Saved data entries:

┄┄┄┄┄┄┄┄┄┄┄┄┄┄┄┄┄┄┄┄

// Tables in which routines look numbers up, compared where they stand.
ghost use Rattle.std.specs.Prelude.{◌≡◌, ◌<◌, ◌↔◌, IsTrue, map};
ghost use Rattle.std.specs.Int.{w32, cast_signed};
ghost use Rattle.mc_nbt.specs.Tree.{int, items};
ghost use Rattle.mc_nbt.specs.View.{list_view, view};
ghost use Rattle.cc_line.specs.Table.{rows_tree, table_tree, table_word, values_below, words_tree};

use cc_line::{Table, table_number};
use mc_nbt::{Nbt, NbtList};

/// Whether a tree is a table. It is compared where it stands, so no memory is taken for another one.
pub(crate) fn is_table(tree: &Nbt, table: Table) -> bool
    ensures { IsTrue result ↔ (view tree.now ≡ table_tree table) }
{
    match table {
        Table::LowByte => is_row(tree, Table::LowByte, 0, 65_536),
        Table::HighByte => is_row(tree, Table::HighByte, 0, 65_536),
        Table::ByteAnd => has_rows(tree, Table::ByteAnd, 256, 256),
        Table::RaisedAnd => has_rows(tree, Table::RaisedAnd, 256, 256),
        Table::Ones => is_row(tree, Table::Ones, 0, 256),
        Table::ShiftLeft => is_row(tree, Table::ShiftLeft, 0, 32),
        Table::ShiftRightSigned => is_row(tree, Table::ShiftRightSigned, 0, 32),
        Table::ShiftRight => is_row(tree, Table::ShiftRight, 0, 32),
        Table::RotateLeft => has_rows(tree, Table::RotateLeft, 32, 2),
        Table::RotateRight => has_rows(tree, Table::RotateRight, 32, 2),
    }
}

// Whether a tree has so many rows of a table, one or more, each of so many numbers.
#[inline(always)]
fn has_rows(tree: &Nbt, table: Table, rows: u32, columns: u32) -> bool
    requires { 0 < rows }
    ensures { IsTrue result ↔ (view tree.now ≡ rows_tree (table_word table) rows columns) }
{
    match tree {
        Nbt::List(list) => lists_rows(list, table, rows, columns),
        Nbt::Int(_) | Nbt::Str(_) | Nbt::Compound(_) => false,
    }
}

#[inline(always)]
fn lists_rows(list: &NbtList, table: Table, rows: u32, columns: u32) -> bool
    requires { 0 < rows }
    ensures { IsTrue result
        ↔ (list_view list.now ≡ items (values_below (λ i. words_tree (table_word table i) columns) rows)) }
{
    match list {
        NbtList::Trees(trees) => are_rows(trees.as_slice(), table, rows, columns),
        NbtList::Ints(_) => false,
    }
}

#[inline(always)]
fn are_rows(trees: &[Nbt], table: Table, rows: u32, columns: u32) -> bool
    ensures { IsTrue result
        ↔ (map view trees.now ≡ values_below (λ i. words_tree (table_word table i) columns) rows) }
{
    if trees.len() != rows as usize {
        return false;
    }
    let mut same = true;
    for row in 0..rows {
        same &= is_row(&trees[row as usize], table, row, columns);
    }
    same
}

// Whether a tree is a row of a table, of so many numbers.
#[inline(always)]
fn is_row(tree: &Nbt, table: Table, row: u32, columns: u32) -> bool
    ensures { IsTrue result ↔ (view tree.now ≡ words_tree (table_word table row) columns) }
{
    match tree {
        Nbt::List(list) => lists_row(list, table, row, columns),
        Nbt::Int(_) | Nbt::Str(_) | Nbt::Compound(_) => false,
    }
}

#[inline(always)]
fn lists_row(list: &NbtList, table: Table, row: u32, columns: u32) -> bool
    ensures { IsTrue result
        ↔ (list_view list.now ≡ items (values_below (λ j. int (cast_signed w32 (table_word table row j))) columns)) }
{
    match list {
        NbtList::Ints(numbers) => are_words(numbers.as_slice(), table, row, columns),
        NbtList::Trees(trees) => are_ints(trees.as_slice(), table, row, columns),
    }
}

#[inline(always)]
fn are_words(numbers: &[i32], table: Table, row: u32, columns: u32) -> bool
    ensures { IsTrue result
        ↔ (map int numbers.now ≡ values_below (λ j. int (cast_signed w32 (table_word table row j))) columns) }
{
    if numbers.len() != columns as usize {
        return false;
    }
    let mut same = true;
    for column in 0..columns {
        same &= is_word(&numbers[column as usize], table, row, column);
    }
    same
}

fn are_ints(trees: &[Nbt], table: Table, row: u32, columns: u32) -> bool
    ensures { IsTrue result
        ↔ (map view trees.now ≡ values_below (λ j. int (cast_signed w32 (table_word table row j))) columns) }
{
    if trees.len() != columns as usize {
        return false;
    }
    let mut same = true;
    for column in 0..columns {
        same &= is_int(&trees[column as usize], table, row, column);
    }
    same
}

#[inline(always)]
fn is_word(found: &i32, table: Table, row: u32, column: u32) -> bool
    ensures { IsTrue result ↔ (int found.now ≡ int (cast_signed w32 (table_word table row column))) }
{
    *found == table_number(table, row, column)
}

fn is_int(tree: &Nbt, table: Table, row: u32, column: u32) -> bool
    ensures { IsTrue result ↔ (view tree.now ≡ int (cast_signed w32 (table_word table row column))) }
{
    match tree {
        Nbt::Int(found) => is_word(found, table, row, column),
        Nbt::Str(_) | Nbt::List(_) | Nbt::Compound(_) => false,
    }
}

┄┄┄┄┄┄┄┄┄┄┄┄┄┄┄┄┄┄┄┄

• To do: When you transcribe the records above, keep every line exactly the same.

• Task solution:
// Tables in which routines look numbers up, compared where they stand.
ghost use Rattle.std.specs.Prelude.{◌≡◌, ◌<◌, ◌↔◌, IsTrue, map};
ghost use Rattle.std.specs.Int.{w32, cast_signed};
ghost use Rattle.mc_nbt.specs.Tree.{int, items};
ghost use Rattle.mc_nbt.specs.View.{list_view, view};
ghost use Rattle.cc_line.specs.Table.{rows_tree, table_tree, table_word, values_below, words_tree};

use cc_line::{Table, table_number};
use mc_nbt::{Nbt, NbtList};

/// Whether a tree is a table. It is compared where it stands, so no memory is taken for another one.
pub(crate) fn is_table(tree: &Nbt, table: Table) -> bool
    ensures { IsTrue result ↔ (view tree.now ≡ table_tree table) }
{
    match table {
        Table::LowByte => is_row(tree, Table::LowByte, 0, 65_536),
        Table::HighByte => is_row(tree, Table::HighByte, 0, 65_536),
        Table::ByteAnd => has_rows(tree, Table::ByteAnd, 256, 256),
        Table::RaisedAnd => has_rows(tree, Table::RaisedAnd, 256, 256),
        Table::Ones => is_row(tree, Table::Ones, 0, 256),
        Table::ShiftLeft => is_row(tree, Table::ShiftLeft, 0, 32),
        Table::ShiftRightSigned => is_row(tree, Table::ShiftRightSigned, 0, 32),
        Table::ShiftRight => is_row(tree, Table::ShiftRight, 0, 32),
        Table::RotateLeft => has_rows(tree, Table::RotateLeft, 32, 2),
        Table::RotateRight => has_rows(tree, Table::RotateRight, 32, 2),
    }
}

// Whether a tree has so many rows of a table, one or more, each of so many numbers.
#[inline(always)]
fn has_rows(tree: &Nbt, table: Table, rows: u32, columns: u32) -> bool
    requires { 0 < rows }
    ensures { IsTrue result ↔ (view tree.now ≡ rows_tree (table_word table) rows columns) }
{
    match tree {
        Nbt::List(list) => lists_rows(list, table, rows, columns),
        Nbt::Int(_) | Nbt::Str(_) | Nbt::Compound(_) => false,
    }
}

#[inline(always)]
fn lists_rows(list: &NbtList, table: Table, rows: u32, columns: u32) -> bool
    requires { 0 < rows }
    ensures { IsTrue result
        ↔ (list_view list.now ≡ items (values_below (λ i. words_tree (table_word table i) columns) rows)) }
{
    match list {
        NbtList::Trees(trees) => are_rows(trees.as_slice(), table, rows, columns),
        NbtList::Ints(_) => false,
    }
}

#[inline(always)]
fn are_rows(trees: &[Nbt], table: Table, rows: u32, columns: u32) -> bool
    ensures { IsTrue result
        ↔ (map view trees.now ≡ values_below (λ i. words_tree (table_word table i) columns) rows) }
{
    if trees.len() != rows as usize {
        return false;
    }
    let mut same = true;
    for row in 0..rows {
        same &= is_row(&trees[row as usize], table, row, columns);
    }
    same
}

// Whether a tree is a row of a table, of so many numbers.
#[inline(always)]
fn is_row(tree: &Nbt, table: Table, row: u32, columns: u32) -> bool
    ensures { IsTrue result ↔ (view tree.now ≡ words_tree (table_word table row) columns) }
{
    match tree {
        Nbt::List(list) => lists_row(list, table, row, columns),
        Nbt::Int(_) | Nbt::Str(_) | Nbt::Compound(_) => false,
    }
}

#[inline(always)]
fn lists_row(list: &NbtList, table: Table, row: u32, columns: u32) -> bool
    ensures { IsTrue result
        ↔ (list_view list.now ≡ items (values_below (λ j. int (cast_signed w32 (table_word table row j))) columns)) }
{
    match list {
        NbtList::Ints(numbers) => are_words(numbers.as_slice(), table, row, columns),
        NbtList::Trees(trees) => are_ints(trees.as_slice(), table, row, columns),
    }
}

#[inline(always)]
fn are_words(numbers: &[i32], table: Table, row: u32, columns: u32) -> bool
    ensures { IsTrue result
        ↔ (map int numbers.now ≡ values_below (λ j. int (cast_signed w32 (table_word table row j))) columns) }
{
    if numbers.len() != columns as usize {
        return false;
    }
    let mut same = true;
    for column in 0..columns {
        same &= is_word(&numbers[column as usize], table, row, column);
    }
    same
}

fn are_ints(trees: &[Nbt], table: Table, row: u32, columns: u32) -> bool
    ensures { IsTrue result
        ↔ (map view trees.now ≡ values_below (λ j. int (cast_signed w32 (table_word table row j))) columns) }
{
    if trees.len() != columns as usize {
        return false;
    }
    let mut same = true;
    for column in 0..columns {
        same &= is_int(&trees[column as usize], table, row, column);
    }
    same
}

#[inline(always)]
fn is_word(found: &i32, table: Table, row: u32, column: u32) -> bool
    ensures { IsTrue result ↔ (int found.now ≡ int (cast_signed w32 (table_word table row column))) }
{
    *found == table_number(table, row, column)
}

fn is_int(tree: &Nbt, table: Table, row: u32, column: u32) -> bool
    ensures { IsTrue result ↔ (view tree.now ≡ int (cast_signed w32 (table_word table row column))) }
{
    match tree {
        Nbt::Int(found) => is_word(found, table, row, column),
        Nbt::Str(_) | Nbt::List(_) | Nbt::Compound(_) => false,
    }
}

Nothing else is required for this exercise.